The offer to subscribe to preference shares is increased and the subscription period for institutional investors shortened
Not for release, publication or distribution, directly or indirectly, in or into the United States, Canada, Japan, Australia or any other jurisdiction where such action would be prohibited.
· The Board of Directors of SAS has resolved to increase the offer to comprise 7 million preference shares, corresponding to SEK 3.5 billion, as a result of very strong demand
· The subscription period in the institutional offer is shortened to end on 19 February 2014 at 12.00 CET.
· Subscription price and other terms remain unchanged
· The Offer is conditional on, inter alia, that the AGM later today approves the required proposals
On 7 February 2014 SAS announced an offer to the general public in Denmark, Norway and Sweden, and institutional investors to subscribe for preference shares totalling approximately 4 million preference shares, at a subscription price of SEK 500 per preference share, including an option to increase the offer to consist of up to 7 million preference shares in total (“the Offer”).
Very strong demand to subscribe in the Offer acknowledges the market’s confidence in SAS’ continued progress. Consequently, the Board of Directors of SAS has in consultation with Carnegie, Nordea and SEB, decided to increase the Offer by approximately 3 million preference shares, totalling 7 million preference shares. By increasing the number of preference shares in the Offer, SAS may raise up to SEK 3.5 billion before issue costs. The Board of Directors has also decided to shorten the subscription period for the institutional investors to end on 19 February at 12.00 CET.
By increasing the Offer, SAS’ financial position will be additionally strengthened, assure the continued confidence from customers and suppliers and reduce dependence on bank financing further. The additional capital raised will also strengthen SAS’ negotiating position with regard to the financing of the ongoing renewal of the aircraft fleet.
The Offer is conditional on, inter alia, that the AGM later today approves the proposed changes to the Articles of Association and authorises the Board of Directors to resolve on the issuance of preference shares.
Carnegie Investment Bank AB (publ), Nordea Bank AB (publ), Markets – Investment Banking and SEB Corporate Finance, Skandinaviska Enskilda Banken AB are acting as financial advisors, Joint Lead Managers and Joint Bookrunners for the Offer.
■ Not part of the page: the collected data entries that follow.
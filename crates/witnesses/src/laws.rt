// Each function's contract states what is shown, and its body does nothing.
ghost use Rattle.witnesses.specs.LooseWorld.{ThePremisesAskNoMore};
ghost use Rattle.witnesses.specs.CalmKinds.{EachKindCanBeCalm};
ghost use Rattle.witnesses.specs.Told.{RunsTell};
ghost use Rattle.witnesses.specs.Truths.{EachAnswerCanBeTrue};
ghost use Rattle.witnesses.specs.Refusals.{TheFirstNoIsNamed};
ghost use Rattle.witnesses.specs.OneAnswer.{EachCallHasOneAnswer};
ghost use Rattle.witnesses.specs.OneLoad.{RefusedLoadsAreOne};
ghost use Rattle.witnesses.specs.OneTry.{EachTryDoesOneThing};
ghost use Rattle.witnesses.specs.Applied.{TheLawsApply};

// There is a world that keeps the premises and in which nothing else ever ends.
pub fn the_premises_ask_no_more()
    ensures { ThePremisesAskNoMore }
{}

// There is a calm run of each kind of expression.
pub fn each_kind_can_be_calm()
    ensures { EachKindCanBeCalm }
{}

// Runs that tell receivers, hints, operators, the order of outcomes, and the state that a throw leaves.
pub fn runs_tell()
    ensures { RunsTell }
{}

// Each type, and the absence of effects of each kind of part, is true somewhere.
pub fn each_answer_can_be_true()
    ensures { EachAnswerCanBeTrue }
{}

// A refusal names the first question that is answered no.
pub fn the_first_no_is_named()
    ensures { TheFirstNoIsNamed }
{}

// What a call on texts answers is one thing, and so is what it leaves in its output.
pub fn each_call_has_one_answer()
    ensures { EachCallHasOneAnswer }
{}

// A session is opened in one way, and a move and a try of a rule do one thing.
pub fn each_try_does_one_thing()
    ensures { EachTryDoesOneThing }
{}

// The laws of rules and of sessions, applied to payoffs.
pub fn the_laws_apply()
    ensures { TheLawsApply }
{}

// A refused load names one fault, and leaves one thing in the stores.
pub fn refused_loads_are_one()
    ensures { RefusedLoadsAreOne }
{}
Mannheimer Swartling is legal advisor.
For additional information:
Press Office telephone: +46 8 797 2944
SAS Group Investor Relations
SAS discloses this information pursuant to the Swedish Securities Market Act and/or the Swedish Financial Instruments Trading Act and the corresponding Danish and Norwegian legislations. The information was provided for publication on 18 February 2014 at 11.15 CET.
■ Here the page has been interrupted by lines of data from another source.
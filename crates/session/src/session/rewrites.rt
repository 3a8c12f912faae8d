// The rules, tried where the cursor is.
ghost use Rattle.std.specs.Prelude.{◌≡◌, MatchBool};
ghost use Rattle.store.specs.Stores.{held_of};
ghost use Rattle.deciding.specs.Plans.{role_of};
ghost use Rattle.model.specs.Model.{Model};
ghost use Rattle.model.specs.Places.{role_at};
ghost use Rattle.model.specs.Tries.{HasSpace, Rule as RuleName};
ghost use Rattle.session.specs.Following.{Is};
ghost use Rattle.session.specs.Trying.{TriesRule, Appended, AsksForSpace, Decides, Holds, rule_of, parent_of, hung, hung_root};

use super::Session;
use crate::step::Step;
use crate::taking::place_below;
use base::Fault;
use building::build;
use deciding::{Decision, Place};
use file::{MAX_ENTRIES, MAX_NODES, MAX_TEXT};
use host::Host;
use model::Outcome;
use store::{Counts, Stores};
use tree::Sort;

// The rules, of which one is tried at a time.
#[derive(Clone, Copy)]
enum Rule {
    Chain,
    Method,
    Property,
}

// Whether there is space for so many more, within what a store has room for and what a payoff may have.
fn has_space(held: usize, need: usize, room: usize, limit: usize) -> bool
    ensures { MatchBool result (HasSpace held need room limit) (HasSpace held need room limit → ⊥) }
{
    let most = room.min(limit);
    held <= most && need <= most - held
}

// Changes the link that the step took, or answers the number as the root's where there is no step.
fn hang(stores: &mut Stores<'_>, parent: Option<Step>, root: u32, number: u32) -> u32
    ensures root { result ≡ hung_root parent root number }
    ensures stores { Holds stores.old (hung parent (held_of stores.old) number) stores.new }
{
    let Some(step) = parent else {
        return number;
    };
    stores.relink(step.node, step.child, number);
    root
}

impl<'a> Session<'a> {
    // Tries to make one template or one call of a chain of `concat` that ends at the cursor's node.
    pub fn chain<H: Host>(&mut self, host: &H) -> Result<Outcome, Fault>
        ensures tried { TriesRule (H.answers host.now) RuleName.chain self.old self.new result }
        ensures appended { Appended self.old self.new result }
    {
        self.try_rule(Rule::Chain, host)
    }

    // Tries to do without a known method that is called at the cursor's node.
    pub fn method<H: Host>(&mut self, host: &H) -> Result<Outcome, Fault>
        ensures tried { TriesRule (H.answers host.now) RuleName.method self.old self.new result }
        ensures appended { Appended self.old self.new result }
    {
        self.try_rule(Rule::Method, host)
    }

    // Tries to read a literal at the index that the cursor's node has.
    pub fn property<H: Host>(&mut self, host: &H) -> Result<Outcome, Fault>
        ensures tried { TriesRule (H.answers host.now) RuleName.property self.old self.new result }
        ensures appended { Appended self.old self.new result }
    {
        self.try_rule(Rule::Property, host)
    }

    fn try_rule<H: Host>(&mut self, rule: Rule, host: &H) -> Result<Outcome, Fault>
        ensures tried { TriesRule (H.answers host.now) (rule_of rule) self.old self.new result }
        ensures appended { Appended self.old self.new result }
    {
        let Decision::Rewritten(plan) = self.decide(rule, host) else {
            return Ok(Outcome::Kept);
        };
        self.ask_for_space(plan.need(&self.stores))?;
        let parent = self.parent();
        let number = build(&mut self.stores, plan)?;
        self.root = hang(&mut self.stores, parent, self.root, number);
        self.here = number;
        self.rewrites += 1;
        Ok(Outcome::Rewritten)
    }

    // What the rule makes of the cursor's node. What is no expression is kept.
    fn decide<H: Host>(&self, rule: Rule, host: &H) -> Decision
        ensures { Decides (H.answers host.now) (rule_of rule) self.now result }
    {
        let (stores, here, place, support) = (&self.stores, self.here, self.place(), self.support);
        let Some(node) = stores.node(here) else {
            return Decision::Kept;
        };
        let Sort::IsExpression = node.sort() else {
            return Decision::Kept;
        };
        match rule {
            Rule::Chain => deciding::chain(stores, here, place, support, host),
            Rule::Method => deciding::method(stores, here, place, support, host),
            Rule::Property => deciding::property(stores, here, place, host),
        }
    }

    // How the cursor's node is taken.
    fn place(&self) -> Place
        ensures { (m : Model) → Is self.now m → role_of result ≡ role_at m.whole m.place }
    {
        match self.parent() {
            Some(step) => place_below(&self.stores, step.node, step.child),
            None => Place::Ordinary,
        }
    }

    // The step that led to the cursor's node.
    fn parent(&self) -> Option<Step>
        ensures { result ≡ parent_of self.now }
    {
        if self.depth == 0 {
            None
        } else {
            Some(self.path[self.depth - 1])
        }
    }

    // Asks for space: for nodes, for entries, for bytes.
    fn ask_for_space(&self, need: Counts) -> Result<(), Fault>
        ensures { AsksForSpace self.now need result }
    {
        let (held, rooms) = (self.stores.counts(), self.stores.rooms());
        if !has_space(held.nodes, need.nodes, rooms.nodes, MAX_NODES) {
            return Err(Fault::NodesFull(self.here));
        }
        if !has_space(held.entries, need.entries, rooms.entries, MAX_ENTRIES) {
            return Err(Fault::EntriesFull(self.here));
        }
        if !has_space(held.text, need.text, rooms.text, MAX_TEXT) {
            return Err(Fault::TextFull(self.here));
        }
        Ok(())
    }
}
The information in this press release is not an offer to acquire, subscribe or otherwise trade in preference shares or other securities in SAS. An invitation to the persons concerned to subscribe for preference shares in SAS is only being made through the prospectus that SAS published on 7 February 2014.This press release may not, directly or indirectly, be released or published in or distributed to or within the United States, Canada, Japan, Australia or any other jurisdiction where such action would require additional prospectuses, filings or other measures in addition to those required under Swedish law. The Offer is not made to, and application forms will not be approved from, share subscribers (including shareholders), or persons acting on behalf of share subscribers, in said countries or persons in any other jurisdiction where applications for the subscription for preference shares would contravene applicable laws or regulations, or would require additional prospectuses, filings, or other measures in addition to those required under Swedish law. Nor may the information in this press release be forwarded or reproduced in any way that would violate such restrictions or would give rise to such requirements. Measures in violation of the restrictions may constitute a breach of relevant securities legislation.
No shares paid and subscribed for nor preference share issued by SAS (“Securities”) have been registered, and will not be registered, under the United States Securities Act of 1933 (the “Securities Act”) or the securities legislation of any state or other jurisdiction in the United States, and may not be offered, pledged, sold, resold, delivered or otherwise transferred, directly or indirectly, within the United States or to U.S. persons as defined in Regulation S under the Securities Act (“Regulation S”). The Securities are being offered outside the United States in reliance on Regulation S. There will not be any public offering of Securities in the United States or to U.S. persons. This press release may contain forward-looking statements that reflect SAS current view of future events as well as financial and operational development. Words such as “intend”, “assess”,”expect”, “may”, “plan”, “estimate” and other expressions involving indications or predictions regarding future development or trends, not based on historical facts, identify forward-looking statements. Forward-looking statements inherently involve both known and unknown risks and uncertainties as they depend on future events and circumstances. Forward-looking statements do not guarantee future results or development and the actual outcome may differ materially from forward-looking statements.